Our second paper, “Robust financial calibration: a Bayesian approach for neural stochastic differential equations” by Christa Cuchiero, Eva Flonner and Kevin Kurt, introduces a Bayesian framework for calibrating neural stochastic differential equation (SDE) models (that is, SDEs whose coefficients are (over)parameterized by artificial neural networks) to both time series of quoted option prices and the historical price paths of the underlying asset. The resulting posterior distribution allows the computation of an uncertainty measure of predicted option prices and can be seen as a Bayesian variant of the approach by Patrick Gierjatowicz et al, published in this journal in 2022. Cuchiero et al’s approach also improves the calibration robustness compared with Alok Gupta and Christoph Reisinger’s 2014 paper, “Robust calibration of financial models using Bayesian estimators”. The findings of Cuchiero et al show reduced uncertainty bounds for the Bayesian neural SDE model.

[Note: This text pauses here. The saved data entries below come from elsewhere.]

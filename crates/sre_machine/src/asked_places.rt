//! Liveness analysis of captures: the slots that may be read from each address on, computed in one pass.
//!
//! A back-reference or a conditional reads the slots of its group. A MARK sets its slot, so the value before it is dead
//! there. Any other instruction reads what is read where it continues. So one pass from the last word to the first
//! computes all. Nothing is assumed of the bytecode. The result for an address holds for the instruction there, and for
//! the alternatives whose length words begin there.
//!
//! The live slots are a range, so a dead slot between live ones counts as live. A loop reads what its body reads and
//! what comes after it. At the end of a body only what comes after the loop counts; what a further body reads is in the
//! entry at the loop's start.

ghost use Rattle.std.specs.Prelude.{◌≡◌, ◌+◌, ◌<◌, ◌≤◌, length, true, Some, slice_get, IfOk};
ghost use Rattle.sre_machine.specs.Terms.{Opcode, word, skip, AreIdle, GroupLies, MarkLeads, GroupAsked};
ghost use Rattle.sre_machine.specs.Terms.{AlternativesAsk};
ghost use Rattle.sre_machine.specs.AskedLists.{range_of, any_marks, asks_of, AllAsked, AreMarks, HaveAll, LetGo};
ghost use Rattle.sre_machine.specs.AskedLists.{InstructionAsks};

use crate::admitting::leads;
use crate::set_members::fill;
use sre_chars::constants::SreOpcode;
use sre_code::operands;
use sre_growth::Refusal;
use std::alloc::Allocator;
use std::convert::TryFrom;

/// The slots from one on, up to another; none if the range is empty.
#[derive(Clone, Copy)]
pub(crate) struct AskedMarks {
    pub from: usize,
    pub end: usize,
}

/// The slots that may be read from an address on: by the instruction there, and by the alternatives whose length words
/// begin there.
#[derive(Clone, Copy)]
pub(crate) struct AskedPlace {
    pub instruction: AskedMarks,
    pub alternatives: AskedMarks,
}

// No slot.
#[inline(always)]
fn none() -> AskedMarks {
    AskedMarks { from: 0, end: 0 }
}

// Any slot of a group that a word can name.
#[inline(always)]
fn any() -> AskedMarks
    ensures { result ≡ any_marks }
{
    AskedMarks {
        from: 0,
        end: usize::MAX,
    }
}

// The two slots of a group.
fn of_group(group: u32) -> AskedMarks
    ensures { GroupLies (λ k. ⊥) (range_of result) group }
{
    let start = 2 * group as usize;
    AskedMarks {
        from: start,
        end: start + 2,
    }
}

// The least range that contains both. An empty one adds nothing, wherever it is.
fn union(one: AskedMarks, other: AskedMarks) -> AskedMarks
    ensures one { HaveAll result (range_of one) }
    ensures other { HaveAll result (range_of other) }
{
    if one.from >= one.end {
        return other;
    }
    if other.from >= other.end {
        return one;
    }
    AskedMarks {
        from: one.from.min(other.from),
        end: one.end.max(other.end),
    }
}

// The range without a slot, if that is its first or its last one.
fn without(marks: AskedMarks, mark: usize) -> AskedMarks
    ensures { LetGo mark result marks }
{
    if marks.from >= marks.end {
        return marks;
    }
    if mark == marks.from {
        return AskedMarks {
            from: mark + 1,
            end: marks.end,
        };
    }
    if mark == marks.end - 1 {
        return AskedMarks {
            from: marks.from,
            end: mark,
        };
    }
    marks
}

// The live slots of the instruction at an address, from the list.
fn instruction_at(list: &[AskedPlace], place: usize) -> AskedMarks
    ensures { HaveAll result ((asks_of list.now).instruction place) }
{
    match list.get(place) {
        Some(asked) => asked.instruction,
        None => any(),
    }
}

// The live slots of the alternatives whose length words begin at an address, from the list.
fn alternatives_at(list: &[AskedPlace], place: usize) -> AskedMarks
    ensures { HaveAll result ((asks_of list.now).alternatives place) }
{
    match list.get(place) {
        Some(asked) => asked.alternatives,
        None => any(),
    }
}

// The live slots of the instructions at two addresses.
fn both(list: &[AskedPlace], one: usize, other: usize) -> AskedMarks
    ensures one { HaveAll result ((asks_of list.now).instruction one) }
    ensures other { HaveAll result ((asks_of list.now).instruction other) }
{
    union(instruction_at(list, one), instruction_at(list, other))
}

// The live slots at a MARK.
#[tactic(auto, using(crate::proofs::Analyses::mark_leads))]
fn mark(words: &[u32], list: &[AskedPlace], place: usize) -> AskedMarks
    requires { place < length words.now }
    ensures { MarkLeads words.now (asks_of list.now) (range_of result) place }
{
    let _length = words.len(); // a slice has few items, so no address overflows
    let number = operands::word_or_zero(words, place + 1) as usize;
    without(instruction_at(list, place + 2), number)
}

// The live slots at a back-reference.
fn reference(words: &[u32], list: &[AskedPlace], place: usize) -> AskedMarks
    requires { place < length words.now }
    ensures group { GroupAsked (λ k. ⊥) words.now (range_of result) place }
    ensures next { HaveAll result ((asks_of list.now).instruction (place + 2)) }
{
    let _length = words.len(); // a slice has few items, so no address overflows
    let own = of_group(operands::word_or_zero(words, place + 1));
    union(own, instruction_at(list, place + 2))
}

// The live slots at a conditional.
#[tactic(auto, using(crate::proofs::Analyses::had_at))]
fn condition(words: &[u32], list: &[AskedPlace], place: usize) -> AskedMarks
    requires { place < length words.now }
    ensures group { GroupAsked (λ k. ⊥) words.now (range_of result) place }
    ensures absent { HaveAll result ((asks_of list.now).instruction (place + 1 + word words.now (place + 2))) }
    ensures present { HaveAll result ((asks_of list.now).instruction (place + 3)) }
{
    let _length = words.len(); // a slice has few items, so no address overflows
    let own = of_group(operands::word_or_zero(words, place + 1));
    let skip = operands::word_or_zero(words, place + 2) as usize;
    union(own, both(list, place + 1 + skip, place + 3))
}

// The live slots at an instruction that continues at one address and sets no slot: a test, at the address after its
// words.
fn onward(words: &[u32], list: &[AskedPlace], place: usize, opcode: SreOpcode) -> AskedMarks
    requires there { Opcode words.now place opcode }
    requires within { AreMarks list.now }
    ensures { InstructionAsks words.now list.now place result }
{
    let _length = words.len(); // a slice has few items, so no address overflows
    match opcode {
        SreOpcode::ANY | SreOpcode::ANY_ALL | SreOpcode::MAX_UNTIL | SreOpcode::MIN_UNTIL => {
            instruction_at(list, place + 1)
        }
        SreOpcode::AT
        | SreOpcode::CATEGORY
        | SreOpcode::LITERAL
        | SreOpcode::LITERAL_IGNORE
        | SreOpcode::LITERAL_LOC_IGNORE
        | SreOpcode::LITERAL_UNI_IGNORE
        | SreOpcode::NOT_LITERAL
        | SreOpcode::NOT_LITERAL_IGNORE
        | SreOpcode::NOT_LITERAL_LOC_IGNORE
        | SreOpcode::NOT_LITERAL_UNI_IGNORE => instruction_at(list, place + 2),
        SreOpcode::JUMP
        | SreOpcode::IN
        | SreOpcode::IN_IGNORE
        | SreOpcode::IN_LOC_IGNORE
        | SreOpcode::IN_UNI_IGNORE
        | SreOpcode::REPEAT_ONE
        | SreOpcode::MIN_REPEAT_ONE
        | SreOpcode::POSSESSIVE_REPEAT_ONE => instruction_at(list, leads(words, place + 1)),
        _ => any(),
    }
}

// The live slots at an instruction, from those of the addresses where it continues.
fn instruction(words: &[u32], list: &[AskedPlace], place: usize) -> AskedMarks
    requires there { place < length words.now }
    requires within { AreMarks list.now }
    ensures { InstructionAsks words.now list.now place result }
{
    let Ok(opcode) = SreOpcode::try_from(operands::word(words, place)) else {
        return any();
    };
    match opcode {
        SreOpcode::FAILURE | SreOpcode::SUCCESS => none(),
        SreOpcode::MARK => mark(words, list, place),
        SreOpcode::BRANCH => alternatives_at(list, place + 1),
        SreOpcode::REPEAT => both(list, leads(words, place + 1), place + 4),
        SreOpcode::POSSESSIVE_REPEAT => both(list, leads(words, place + 1) + 1, place + 4),
        SreOpcode::ATOMIC_GROUP => both(list, leads(words, place + 1), place + 2),
        SreOpcode::ASSERT | SreOpcode::ASSERT_NOT => {
            both(list, leads(words, place + 1), place + 3)
        }
        SreOpcode::GROUPREF
        | SreOpcode::GROUPREF_IGNORE
        | SreOpcode::GROUPREF_LOC_IGNORE
        | SreOpcode::GROUPREF_UNI_IGNORE => reference(words, list, place),
        SreOpcode::GROUPREF_EXISTS => condition(words, list, place),
        _ => onward(words, list, place, opcode),
    }
}

// The live slots of alternatives whose length words begin at an address.
fn alternatives(words: &[u32], list: &[AskedPlace], place: usize) -> AskedMarks
    requires { place < length words.now }
    ensures { AlternativesAsk words.now (asks_of list.now) (range_of result) place }
{
    let length = operands::word(words, place) as usize;
    if length == 0 {
        return none();
    }
    union(
        instruction_at(list, place + 1),
        alternatives_at(list, place + length),
    )
}

/// Lists the live slots of each address of the bytecode (`Code::items`): 32 bytes a word. The list's memory is reused.
///
/// # Errors
///
/// [`Refusal`] if an allocation fails.
fn ask_places<A: Allocator>(words: &[u32], list: &mut Vec<AskedPlace, A>) -> Result<(), Refusal<A>>
    ensures { IfOk result (λ _. AllAsked words.now list.new.items) }
{
    operands::know_words(words);
    let marks = any();
    let anything = AskedPlace {
        instruction: marks,
        alternatives: marks,
    };
    fill(list, words.len(), anything)?;
    let mut place = words.len();
    'place: while place > 0 {
        place -= 1;
        list[place] = AskedPlace {
            instruction: instruction(words, list.as_slice(), place),
            alternatives: alternatives(words, list.as_slice(), place),
        };
    }
    Ok(())
}

// Whether a range has no slot.
#[inline(always)]
fn is_empty(marks: AskedMarks) -> bool
    ensures { result ≡ true → marks.end ≤ marks.from }
{
    marks.from >= marks.end
}

/// Lists for each address of the bytecode whether no slot is live there. `asked` has the live slots meanwhile. The
/// memory of both lists is reused.
///
/// # Errors
///
/// [`Refusal`] if an allocation fails. What is listed by then is right.
pub(crate) fn list_idle<A: Allocator>(
    words: &[u32],
    asked: &mut Vec<AskedPlace, A>,
    idle: &mut Vec<bool, A>,
) -> Result<(), Refusal<A>>
    ensures { AreIdle words.now idle.new.items }
{
    idle.clear();
    ask_places(words, asked)?;
    let mut place = 0;
    'place: while place < asked.len() {
        let marks = instruction_at(asked.as_slice(), place);
        sre_growth::push(idle, is_empty(marks))?;
        place += 1;
    }
    Ok(())
}

/// Whether a list has `true` for an address.
#[inline(always)]
pub(crate) fn says_of(list: &[bool], place: usize) -> bool
    ensures { result ≡ true → slice_get list.now place ≡ Some true }
{
    match list.get(place) {
        Some(&says) => says,
        None => false,
    }
}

Finally, in “Finite-difference solution ansatz approach in least-squares Monte Carlo”, the third paper in this issue, Jiawei Huo proposes the use of finite-difference solutions to construct control variates in the least-squares regression Monte Carlo estimation of conditional expectation values of financial products. Applications to Bermudan option pricing and valuation adjustment computations demonstrate the achieved variance reduction.

I wish you an enjoyable read.